_Instructions for the task_: Repeat the entries in full. Each line must match exactly.

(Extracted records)

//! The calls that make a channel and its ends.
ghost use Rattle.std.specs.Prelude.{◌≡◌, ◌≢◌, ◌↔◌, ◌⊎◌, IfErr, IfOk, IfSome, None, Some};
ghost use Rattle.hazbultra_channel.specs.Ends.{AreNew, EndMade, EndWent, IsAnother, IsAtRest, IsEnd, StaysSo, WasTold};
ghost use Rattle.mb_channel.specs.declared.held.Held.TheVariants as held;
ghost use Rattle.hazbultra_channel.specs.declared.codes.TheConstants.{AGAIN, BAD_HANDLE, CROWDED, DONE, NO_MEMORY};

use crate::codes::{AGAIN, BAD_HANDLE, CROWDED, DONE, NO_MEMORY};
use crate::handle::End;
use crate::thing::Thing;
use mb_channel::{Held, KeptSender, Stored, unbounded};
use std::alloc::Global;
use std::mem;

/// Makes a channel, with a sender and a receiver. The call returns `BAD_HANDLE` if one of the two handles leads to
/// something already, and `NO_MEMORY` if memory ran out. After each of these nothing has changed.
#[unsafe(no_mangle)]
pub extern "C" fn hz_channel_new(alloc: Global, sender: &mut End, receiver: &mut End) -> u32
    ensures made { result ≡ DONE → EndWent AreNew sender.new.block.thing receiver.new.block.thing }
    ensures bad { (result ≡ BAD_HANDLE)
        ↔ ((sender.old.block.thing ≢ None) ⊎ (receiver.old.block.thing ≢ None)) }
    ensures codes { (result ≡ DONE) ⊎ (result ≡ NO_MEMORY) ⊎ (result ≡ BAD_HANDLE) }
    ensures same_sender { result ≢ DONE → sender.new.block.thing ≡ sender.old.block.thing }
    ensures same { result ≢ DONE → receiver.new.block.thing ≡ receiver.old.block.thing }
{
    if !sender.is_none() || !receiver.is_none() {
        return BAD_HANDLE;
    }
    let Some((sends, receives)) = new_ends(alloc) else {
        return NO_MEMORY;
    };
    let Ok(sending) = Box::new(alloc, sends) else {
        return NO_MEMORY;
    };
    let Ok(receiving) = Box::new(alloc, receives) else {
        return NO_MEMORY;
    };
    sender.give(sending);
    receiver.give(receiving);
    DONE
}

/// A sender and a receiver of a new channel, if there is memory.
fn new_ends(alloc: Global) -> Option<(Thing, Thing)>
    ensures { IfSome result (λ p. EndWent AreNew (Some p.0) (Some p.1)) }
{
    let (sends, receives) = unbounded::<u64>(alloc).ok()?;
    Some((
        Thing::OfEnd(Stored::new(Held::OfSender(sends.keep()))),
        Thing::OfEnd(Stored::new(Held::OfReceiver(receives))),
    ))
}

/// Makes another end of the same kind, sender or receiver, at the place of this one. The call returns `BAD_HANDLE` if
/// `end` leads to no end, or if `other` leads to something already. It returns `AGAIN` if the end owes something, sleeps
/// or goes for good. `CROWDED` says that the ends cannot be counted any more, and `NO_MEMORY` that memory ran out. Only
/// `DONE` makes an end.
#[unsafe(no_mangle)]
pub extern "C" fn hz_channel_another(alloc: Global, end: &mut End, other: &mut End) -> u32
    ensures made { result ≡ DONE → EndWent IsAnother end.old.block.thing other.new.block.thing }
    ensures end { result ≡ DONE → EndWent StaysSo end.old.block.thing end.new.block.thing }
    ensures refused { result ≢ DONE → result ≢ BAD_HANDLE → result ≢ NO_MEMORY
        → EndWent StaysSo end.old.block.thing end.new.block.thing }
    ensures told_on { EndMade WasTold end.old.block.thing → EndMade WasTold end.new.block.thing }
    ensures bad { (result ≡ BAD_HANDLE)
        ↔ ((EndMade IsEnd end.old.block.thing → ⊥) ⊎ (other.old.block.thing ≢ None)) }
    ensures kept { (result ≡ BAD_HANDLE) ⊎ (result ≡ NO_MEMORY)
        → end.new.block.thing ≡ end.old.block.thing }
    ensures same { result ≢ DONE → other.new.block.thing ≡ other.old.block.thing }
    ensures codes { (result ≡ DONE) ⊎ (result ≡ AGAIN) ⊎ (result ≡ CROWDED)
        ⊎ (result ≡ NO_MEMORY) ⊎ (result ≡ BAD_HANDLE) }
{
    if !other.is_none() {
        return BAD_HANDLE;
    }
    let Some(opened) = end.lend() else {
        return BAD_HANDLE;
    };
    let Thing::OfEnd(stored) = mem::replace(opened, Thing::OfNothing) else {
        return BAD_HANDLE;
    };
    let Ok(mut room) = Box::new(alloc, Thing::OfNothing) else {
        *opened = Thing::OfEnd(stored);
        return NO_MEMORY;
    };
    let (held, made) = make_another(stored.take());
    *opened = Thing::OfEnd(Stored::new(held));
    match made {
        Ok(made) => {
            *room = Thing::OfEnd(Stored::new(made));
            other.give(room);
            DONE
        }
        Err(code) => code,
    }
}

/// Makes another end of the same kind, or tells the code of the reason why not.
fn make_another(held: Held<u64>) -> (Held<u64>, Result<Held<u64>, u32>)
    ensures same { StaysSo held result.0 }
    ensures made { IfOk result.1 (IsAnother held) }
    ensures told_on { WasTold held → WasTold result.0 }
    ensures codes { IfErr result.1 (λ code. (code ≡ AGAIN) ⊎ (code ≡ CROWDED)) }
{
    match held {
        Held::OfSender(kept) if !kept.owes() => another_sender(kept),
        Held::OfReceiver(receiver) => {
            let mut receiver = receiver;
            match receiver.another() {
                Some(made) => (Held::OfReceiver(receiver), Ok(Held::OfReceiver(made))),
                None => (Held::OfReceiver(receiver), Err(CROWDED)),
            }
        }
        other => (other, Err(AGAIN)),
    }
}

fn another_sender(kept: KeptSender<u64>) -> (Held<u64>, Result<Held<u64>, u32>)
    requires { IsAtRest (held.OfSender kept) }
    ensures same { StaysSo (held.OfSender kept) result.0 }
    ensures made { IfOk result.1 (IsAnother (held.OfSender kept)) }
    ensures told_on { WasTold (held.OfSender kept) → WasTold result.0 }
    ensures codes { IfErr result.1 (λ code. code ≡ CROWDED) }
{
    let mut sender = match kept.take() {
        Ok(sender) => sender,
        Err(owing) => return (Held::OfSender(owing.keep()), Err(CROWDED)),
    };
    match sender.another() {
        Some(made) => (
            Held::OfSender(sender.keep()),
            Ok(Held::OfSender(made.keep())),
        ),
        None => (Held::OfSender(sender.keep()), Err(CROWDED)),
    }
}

_Answer_:
//! The calls that make a channel and its ends.
ghost use Rattle.std.specs.Prelude.{◌≡◌, ◌≢◌, ◌↔◌, ◌⊎◌, IfErr, IfOk, IfSome, None, Some};
ghost use Rattle.hazbultra_channel.specs.Ends.{AreNew, EndMade, EndWent, IsAnother, IsAtRest, IsEnd, StaysSo, WasTold};
ghost use Rattle.mb_channel.specs.declared.held.Held.TheVariants as held;
ghost use Rattle.hazbultra_channel.specs.declared.codes.TheConstants.{AGAIN, BAD_HANDLE, CROWDED, DONE, NO_MEMORY};

use crate::codes::{AGAIN, BAD_HANDLE, CROWDED, DONE, NO_MEMORY};
use crate::handle::End;
use crate::thing::Thing;
use mb_channel::{Held, KeptSender, Stored, unbounded};
use std::alloc::Global;
use std::mem;

/// Makes a channel, with a sender and a receiver. The call returns `BAD_HANDLE` if one of the two handles leads to
/// something already, and `NO_MEMORY` if memory ran out. After each of these nothing has changed.
#[unsafe(no_mangle)]
pub extern "C" fn hz_channel_new(alloc: Global, sender: &mut End, receiver: &mut End) -> u32
    ensures made { result ≡ DONE → EndWent AreNew sender.new.block.thing receiver.new.block.thing }
    ensures bad { (result ≡ BAD_HANDLE)
        ↔ ((sender.old.block.thing ≢ None) ⊎ (receiver.old.block.thing ≢ None)) }
    ensures codes { (result ≡ DONE) ⊎ (result ≡ NO_MEMORY) ⊎ (result ≡ BAD_HANDLE) }
    ensures same_sender { result ≢ DONE → sender.new.block.thing ≡ sender.old.block.thing }
    ensures same { result ≢ DONE → receiver.new.block.thing ≡ receiver.old.block.thing }
{
    if !sender.is_none() || !receiver.is_none() {
        return BAD_HANDLE;
    }
    let Some((sends, receives)) = new_ends(alloc) else {
        return NO_MEMORY;
    };
    let Ok(sending) = Box::new(alloc, sends) else {
        return NO_MEMORY;
    };
    let Ok(receiving) = Box::new(alloc, receives) else {
        return NO_MEMORY;
    };
    sender.give(sending);
    receiver.give(receiving);
    DONE
}

/// A sender and a receiver of a new channel, if there is memory.
fn new_ends(alloc: Global) -> Option<(Thing, Thing)>
    ensures { IfSome result (λ p. EndWent AreNew (Some p.0) (Some p.1)) }
{
    let (sends, receives) = unbounded::<u64>(alloc).ok()?;
    Some((
        Thing::OfEnd(Stored::new(Held::OfSender(sends.keep()))),
        Thing::OfEnd(Stored::new(Held::OfReceiver(receives))),
    ))
}

/// Makes another end of the same kind, sender or receiver, at the place of this one. The call returns `BAD_HANDLE` if
/// `end` leads to no end, or if `other` leads to something already. It returns `AGAIN` if the end owes something, sleeps
/// or goes for good. `CROWDED` says that the ends cannot be counted any more, and `NO_MEMORY` that memory ran out. Only
/// `DONE` makes an end.
#[unsafe(no_mangle)]
pub extern "C" fn hz_channel_another(alloc: Global, end: &mut End, other: &mut End) -> u32
    ensures made { result ≡ DONE → EndWent IsAnother end.old.block.thing other.new.block.thing }
    ensures end { result ≡ DONE → EndWent StaysSo end.old.block.thing end.new.block.thing }
    ensures refused { result ≢ DONE → result ≢ BAD_HANDLE → result ≢ NO_MEMORY
        → EndWent StaysSo end.old.block.thing end.new.block.thing }
    ensures told_on { EndMade WasTold end.old.block.thing → EndMade WasTold end.new.block.thing }
    ensures bad { (result ≡ BAD_HANDLE)
        ↔ ((EndMade IsEnd end.old.block.thing → ⊥) ⊎ (other.old.block.thing ≢ None)) }
    ensures kept { (result ≡ BAD_HANDLE) ⊎ (result ≡ NO_MEMORY)
        → end.new.block.thing ≡ end.old.block.thing }
    ensures same { result ≢ DONE → other.new.block.thing ≡ other.old.block.thing }
    ensures codes { (result ≡ DONE) ⊎ (result ≡ AGAIN) ⊎ (result ≡ CROWDED)
        ⊎ (result ≡ NO_MEMORY) ⊎ (result ≡ BAD_HANDLE) }
{
    if !other.is_none() {
        return BAD_HANDLE;
    }
    let Some(opened) = end.lend() else {
        return BAD_HANDLE;
    };
    let Thing::OfEnd(stored) = mem::replace(opened, Thing::OfNothing) else {
        return BAD_HANDLE;
    };
    let Ok(mut room) = Box::new(alloc, Thing::OfNothing) else {
        *opened = Thing::OfEnd(stored);
        return NO_MEMORY;
    };
    let (held, made) = make_another(stored.take());
    *opened = Thing::OfEnd(Stored::new(held));
    match made {
        Ok(made) => {
            *room = Thing::OfEnd(Stored::new(made));
            other.give(room);
            DONE
        }
        Err(code) => code,
    }
}

/// Makes another end of the same kind, or tells the code of the reason why not.
fn make_another(held: Held<u64>) -> (Held<u64>, Result<Held<u64>, u32>)
    ensures same { StaysSo held result.0 }
    ensures made { IfOk result.1 (IsAnother held) }
    ensures told_on { WasTold held → WasTold result.0 }
    ensures codes { IfErr result.1 (λ code. (code ≡ AGAIN) ⊎ (code ≡ CROWDED)) }
{
    match held {
        Held::OfSender(kept) if !kept.owes() => another_sender(kept),
        Held::OfReceiver(receiver) => {
            let mut receiver = receiver;
            match receiver.another() {
                Some(made) => (Held::OfReceiver(receiver), Ok(Held::OfReceiver(made))),
                None => (Held::OfReceiver(receiver), Err(CROWDED)),
            }
        }
        other => (other, Err(AGAIN)),
    }
}

fn another_sender(kept: KeptSender<u64>) -> (Held<u64>, Result<Held<u64>, u32>)
    requires { IsAtRest (held.OfSender kept) }
    ensures same { StaysSo (held.OfSender kept) result.0 }
    ensures made { IfOk result.1 (IsAnother (held.OfSender kept)) }
    ensures told_on { WasTold (held.OfSender kept) → WasTold result.0 }
    ensures codes { IfErr result.1 (λ code. code ≡ CROWDED) }
{
    let mut sender = match kept.take() {
        Ok(sender) => sender,
        Err(owing) => return (Held::OfSender(owing.keep()), Err(CROWDED)),
    };
    match sender.another() {
        Some(made) => (
            Held::OfSender(sender.keep()),
            Ok(Held::OfSender(made.keep())),
        ),
        None => (Held::OfSender(sender.keep()), Err(CROWDED)),
    }
}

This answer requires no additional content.